Barbara Kapusta arbeitet multimedial mit Fotografie, Video, Installation, Sound und Skulpturen; Ausgangspunkt ihrer Arbeit ist jedoch immer die Sprache und ihre Auseinandersetzung damit. Die Künstlerin beschäftigt sich mit Themen unserer Zeit wie Nutzung der Ressourcen, toxische Landschaften, Energie und Technologie.

Was hat dich zur Kunst gebracht?
Ich wollte eigentlich immer schreiben. An der Akademie der bildenden Künste in Wien war Schreiben dann auch als künstlerische Arbeit gleichzeitig mit dem filmischen bei Constanze Ruhm möglich. In Mexico City bei Sofia Taboas kam dann die Skulptur dazu.
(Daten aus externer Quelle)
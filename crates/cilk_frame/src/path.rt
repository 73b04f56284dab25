//! Paths, which name instances by their descent from the root.

ghost use Rattle.std.specs.Prelude.{◌≡◌, [], IfOk};
ghost use Rattle.cilk_load_nodes.specs.syntax.Appends.{Appends};
ghost use Rattle.cilk_load_nodes.specs.model.Path.{path_text};

use cilk_load_nodes::Memory;
use std::alloc::Global;
use std::marker::Model;

/// The name of an instance: the root's path is empty, and a child's is that of its parent followed
/// by its own number among the children of that parent, from 1 on. Contracts see it as a list.
#[derive(Debug)]
pub struct Path {
    numbers: Vec<u32>,
}

// To drop it elsewhere is to call this, and its parts' drops are proved here alone.
impl Drop for Path {
    fn drop(self) {
        let Path { numbers: _numbers } = self;
    }
}

impl Model for Path {
    ghost use Rattle.std.specs.Prelude.{ℕ, List};

    ghost Value = { List ℕ };

    ghost view = { λ p. p.numbers.items };
}

impl Path {
    /// The path with these numbers, from the root's child down.
    pub fn new(numbers: Vec<u32>) -> Path
        ensures { result ≡ numbers.items }
    {
        Path { numbers }
    }

    /// The path of `main`'s instance. It takes no memory.
    pub fn root(alloc: Global) -> Path
        ensures { result ≡ [] }
    {
        Path::new(Vec::new(alloc))
    }

    /// The numbers from the root's child down.
    pub fn as_slice(&self) -> &[u32]
        ensures { result.now ≡ self.now }
    {
        self.numbers.as_slice()
    }

    /// Writes the path with these numbers behind a text: `/` for the root, and `/3/1` for the first child of the root's third.
    pub fn put_text(out: &mut String, numbers: &[u32]) -> Result<(), Memory>
        ensures { Appends result out.old out.new (path_text numbers.now) }
    {
        if numbers.is_empty() {
            out.push_str("/")?;
            return Ok(());
        }
        for number in numbers {
            write!(out, "/{number}")?;
        }
        Ok(())
    }

    /// An equal path.
    pub fn copy(&self, alloc: Global) -> Result<Path, Memory>
        ensures { IfOk result (λ path. path ≡ self.now) }
    {
        Ok(Path::new(Vec::from_slice(alloc, self.as_slice())?))
    }
}
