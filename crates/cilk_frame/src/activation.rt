//! The activations of a frame: where an open body goes on, its cells, and what awaits its value.

ghost use Rattle.std.specs.Prelude.{◌≡◌, ◌<◌, length, slice_set, Decides, IfOk};
ghost use Rattle.cilk_frame.specs.Starts.{first_cells};

use crate::awaited::Await;
use crate::mixer::Mixer;
use cilk_load_nodes::{Body, Memory};
use std::alloc::Global;
use std::marker::Model;

/// A body that is being run. One that was left may be entered again.
#[derive(Drop)]
pub struct Activation {
    node: u32,
    cells: Vec<i32>,
    awaits: Option<Await>,
}

impl Model for Activation {
    ghost use Rattle.cilk_frame.specs.Frames as frames;

    ghost Value = { frames.Activation };

    ghost view = { λ a. record { node = a.node; cells = a.cells.items; awaits = a.awaits } };
}

impl Activation {
    pub(crate) fn start(
        alloc: Global,
        body: &Body,
        arguments: &[i32],
        awaits: Option<Await>,
    ) -> Result<Activation, Memory>
        ensures { IfOk result (λ a. a ≡ record {
          node = body.now.entry;
          cells = first_cells body.now.cells arguments.now;
          awaits = awaits;
        }) }
    {
        Ok(Activation {
            node: body.entry,
            cells: cells_of(alloc, body.cells as usize, arguments)?,
            awaits,
        })
    }

    /// An equal one.
    pub(crate) fn copy(&self) -> Result<Activation, Memory>
        ensures { IfOk result (λ a. a ≡ self.now) }
    {
        let alloc = *self.cells.allocator();
        Ok(Activation {
            node: self.node,
            cells: Vec::from_slice(alloc, self.cells.as_slice())?,
            awaits: self.awaits,
        })
    }

    /// Whether the other is equal.
    pub(crate) fn same(&self, other: &Activation) -> bool
        ensures { Decides result (self.now ≡ other.now) }
    {
        if self.node != other.node {
            return false;
        }
        if !is_same_await(self.awaits, other.awaits) {
            return false;
        }
        self.cells.as_slice() == other.cells.as_slice()
    }

    /// It enters a number that tells states apart.
    pub(crate) fn mix(&self, mixer: &mut Mixer) {
        mixer.put(self.node as u64);
        for cell in &self.cells {
            mixer.put_signed(*cell);
        }
        match self.awaits {
            None => mixer.put(0),
            Some(awaited) => mixer.put(1 + awaited.n as u64),
        }
    }

    pub(crate) fn node(&self) -> u32
        ensures { result ≡ self.now.node }
    {
        self.node
    }

    pub(crate) fn cells(&self) -> &[i32]
        ensures { result.now ≡ self.now.cells }
    {
        self.cells.as_slice()
    }

    pub(crate) fn awaits(&self) -> Option<Await>
        ensures { result ≡ self.now.awaits }
    {
        self.awaits
    }

    pub(crate) fn set_cell(&mut self, slot: u32, value: i32)
        requires { slot < length self.old.cells }
        ensures { self.new ≡ record self.old { cells = slice_set self.old.cells slot value } }
    {
        self.cells[slot as usize] = value;
    }

    pub(crate) fn jump(&mut self, n: u32)
        ensures { self.new ≡ record self.old { node = n } }
    {
        self.node = n;
    }
}

fn is_same_await(awaits: Option<Await>, other: Option<Await>) -> bool
    ensures { Decides result (awaits ≡ other) }
{
    match (awaits, other) {
        (None, None) => true,
        (Some(one), Some(another)) => one.n == another.n && one.index == another.index,
        _ => false,
    }
}

fn cells_of(alloc: Global, count: usize, arguments: &[i32]) -> Result<Vec<i32>, Memory>
    ensures { IfOk result (λ cells. cells.items ≡ first_cells count arguments.now) }
{
    let mut cells = Vec::with_capacity(alloc, count)?;
    cells.extend_from_slice(arguments)?;
    for _ in 0..count.saturating_sub(arguments.len()) {
        cells.push(0)?;
    }
    Ok(cells)
}

/// As many activations, each equal.
pub(crate) fn copies(activations: &[Activation], alloc: Global) -> Result<Vec<Activation>, Memory>
    ensures { IfOk result (λ made. made.items ≡ activations.now) }
{
    let mut made = Vec::with_capacity(alloc, activations.len())?;
    for activation in activations {
        made.push(activation.copy()?)?;
    }
    Ok(made)
}

/// Whether there are as many, each equal.
pub(crate) fn are_same(activations: &[Activation], others: &[Activation]) -> bool
    ensures { Decides result (activations.now ≡ others.now) }
{
    if activations.len() != others.len() {
        return false;
    }
    for i in 0..activations.len() {
        let activation = &activations[i];
        if !activation.same(&others[i]) {
            return false;
        }
    }
    true
}
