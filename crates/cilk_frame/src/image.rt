//! What a frame was, as plain data.

ghost use Rattle.std.specs.Prelude.{◌≡◌};

use crate::activation::Activation;
use crate::frame::Frame;
use crate::id::Id;
use std::marker::Model;

/// What a frame was, from which frames are made again. It shares nothing with the frame, and nobody goes on with it.
pub struct FrameImage {
    pub(crate) id: Id,
    pub(crate) activations: Vec<Activation>,
    pub(crate) boundary: bool,
}

// To drop it elsewhere is to call this, and its parts' drops are proved here alone.
impl Drop for FrameImage {
    fn drop(self) {
        let FrameImage {
            id: _,
            activations: _activations,
            boundary: _,
        } = self;
    }
}

impl Model for FrameImage {
    ghost use Rattle.std.specs.Prelude.{◌<◌, ◌≤◌, length};
    ghost use Rattle.cilk_frame.specs.Frames as frames;

    ghost Value = { frames.Frame };

    ghost view = { λ f. record { id = f.id; activations = f.activations.items; boundary = f.boundary } };

    ghost invariant = { λ f. (0 < length f.activations.items) × (length f.activations.items ≤ 256) };
}

impl FrameImage {
    /// The frame of which it is the image, which spends it. It takes no memory.
    pub fn into_frame(self) -> Frame
        ensures { result ≡ self }
    {
        let FrameImage {
            id,
            activations,
            boundary,
        } = self;
        Frame {
            id,
            activations,
            boundary,
        }
    }
}
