//! The kinds of traps that end a program.

use cilk_load_nodes::Trap;

/// Why a program was trapped.
#[derive(Clone, Copy, Debug, PartialEq, Eq)]
pub enum TrapKind {
    /// An expression has no value.
    Value(Trap),
    /// A lock is used against the rules of `Cilk_lock`.
    Lock,
    /// An instance waits, spawns or ends while it holds a lock.
    HeldLock,
    /// Too many calls are under way in one instance.
    Depth,
    /// Too many instances are live, or one has too many children.
    Instances,
    /// The output is too long.
    Output,
}
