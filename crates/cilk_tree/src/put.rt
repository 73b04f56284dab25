//! The smallest parts of the printer.

ghost use Rattle.std.specs.Prelude.{decimal};
ghost use Rattle.cilk_tree_syntax.specs.Appends.{Appends};

use cilk_tree_syntax::Memory;
use itoa::Buffer;

pub(crate) fn put(out: &mut String, text: &str) -> Result<(), Memory>
    ensures { Appends result out.old out.new text.now }
{
    out.push_str(text)?;
    Ok(())
}

pub(crate) fn put_number(out: &mut String, n: u32) -> Result<(), Memory>
    ensures { Appends result out.old out.new (decimal n) }
{
    let mut buffer = Buffer::new();
    put(out, buffer.format(n))
}
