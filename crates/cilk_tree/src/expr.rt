//! The canonical text of expressions.

ghost use Rattle.std.specs.Prelude.{◌≡◌};
ghost use Rattle.cilk_tree_syntax.specs.Tree.{binary, choose, element, unary};
ghost use Rattle.cilk_tree_syntax.specs.Appends.{Appends};
ghost use Rattle.cilk_tree_syntax.specs.ExprText.{expr_text, operand_text, stands_alone};
ghost use Rattle.cilk_tree_syntax.specs.MoveText.{exprs_text, next_exprs_text};

use crate::put::{put, put_number};
use cilk_tree_syntax::{BinOp, Expr, ExprNode, Memory, UnOp, Word};

#[cycle(put_expr)]
pub(crate) fn put_expr(out: &mut String, expr: &Expr) -> Result<(), Memory>
    ensures { Appends result out.old out.new (expr_text expr.now) }
{
    match &expr.node {
        ExprNode::Number(n) => put_number(out, *n),
        ExprNode::Name(name) => put(out, name.as_str()),
        ExprNode::Element(name, index) => put_element(out, name, index),
        ExprNode::Synched(_) => put(out, "SYNCHED"),
        ExprNode::Binary(op, left, right) => put_binary(out, *op, left, right),
        ExprNode::Unary(op, operand) => put_unary(out, *op, operand),
        ExprNode::Choose(test, first, second) => put_choice(out, test, first, second),
    }
}

#[cycle(put_expr)]
pub(crate) fn put_element(out: &mut String, name: &Word, index: &Expr) -> Result<(), Memory>
    ensures { Appends result out.old out.new (expr_text (element name.now index.now)) }
{
    put(out, name.as_str())?;
    put(out, "[")?;
    put_expr(out, index)?;
    put(out, "]")
}

#[cycle(put_expr)]
fn put_binary(out: &mut String, op: BinOp, left: &Expr, right: &Expr) -> Result<(), Memory>
    ensures { Appends result out.old out.new (expr_text (binary op left.now right.now)) }
{
    put_operand(out, left)?;
    put(out, " ")?;
    put(out, op.mark())?;
    put(out, " ")?;
    put_operand(out, right)
}

#[cycle(put_expr)]
fn put_unary(out: &mut String, op: UnOp, operand: &Expr) -> Result<(), Memory>
    ensures { Appends result out.old out.new (expr_text (unary op operand.now)) }
{
    put(out, op.mark())?;
    put_operand(out, operand)
}

#[cycle(put_expr)]
fn put_choice(out: &mut String, test: &Expr, first: &Expr, second: &Expr) -> Result<(), Memory>
    ensures { Appends result out.old out.new (expr_text (choose test.now first.now second.now)) }
{
    put_operand(out, test)?;
    put(out, " ? ")?;
    put_operand(out, first)?;
    put(out, " : ")?;
    put_operand(out, second)
}

#[cycle(put_expr)]
fn put_operand(out: &mut String, expr: &Expr) -> Result<(), Memory>
    ensures { Appends result out.old out.new (operand_text expr.now) }
{
    if is_alone(expr) {
        put_expr(out, expr)
    } else {
        put(out, "(")?;
        put_expr(out, expr)?;
        put(out, ")")
    }
}

// Whether an expression stands as an operand with no parentheses.
fn is_alone(expr: &Expr) -> bool
    ensures { result ≡ stands_alone expr.now }
{
    match &expr.node {
        ExprNode::Number(_) | ExprNode::Name(_) | ExprNode::Element(..) | ExprNode::Synched(_) =>
            true,
        ExprNode::Binary(..) | ExprNode::Unary(..) | ExprNode::Choose(..) => false,
    }
}

// The expressions, a comma between two.
pub(crate) fn put_exprs(out: &mut String, exprs: &[Expr]) -> Result<(), Memory>
    ensures { Appends result out.old out.new (exprs_text exprs.now) }
{
    match exprs {
        [] => Ok(()),
        [first, others @ ..] => {
            put_expr(out, first)?;
            put_next_exprs(out, others)
        }
    }
}

// The expressions, a comma before each.
pub(crate) fn put_next_exprs(out: &mut String, exprs: &[Expr]) -> Result<(), Memory>
    ensures { Appends result out.old out.new (next_exprs_text exprs.now) }
{
    for expr in exprs {
        put(out, ", ")?;
        put_expr(out, expr)?;
    }
    Ok(())
}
Ist Sprache für dich der Kitt in der Kunst?
In meiner Praxis wahrscheinlich: Weil für mich das Schreiben im Machen alles zusammenhält.

Wenn du ein neues Projekt startest, beginnst du da folgerichtig mit dem Schreiben?
Schreiben und Material finden - das geht oft zusammen. Es gibt Überlegungen zu Formen, losem Text, dann werden Modelle gebaut und dann findet alles zusammen.

Hat Sprache also für dich Materialität?
Ja. Im Schreiben stelle ich mir immer auch die Frage nach der Form - was wird das? Wird es Sound? Oder wird es Skulptur?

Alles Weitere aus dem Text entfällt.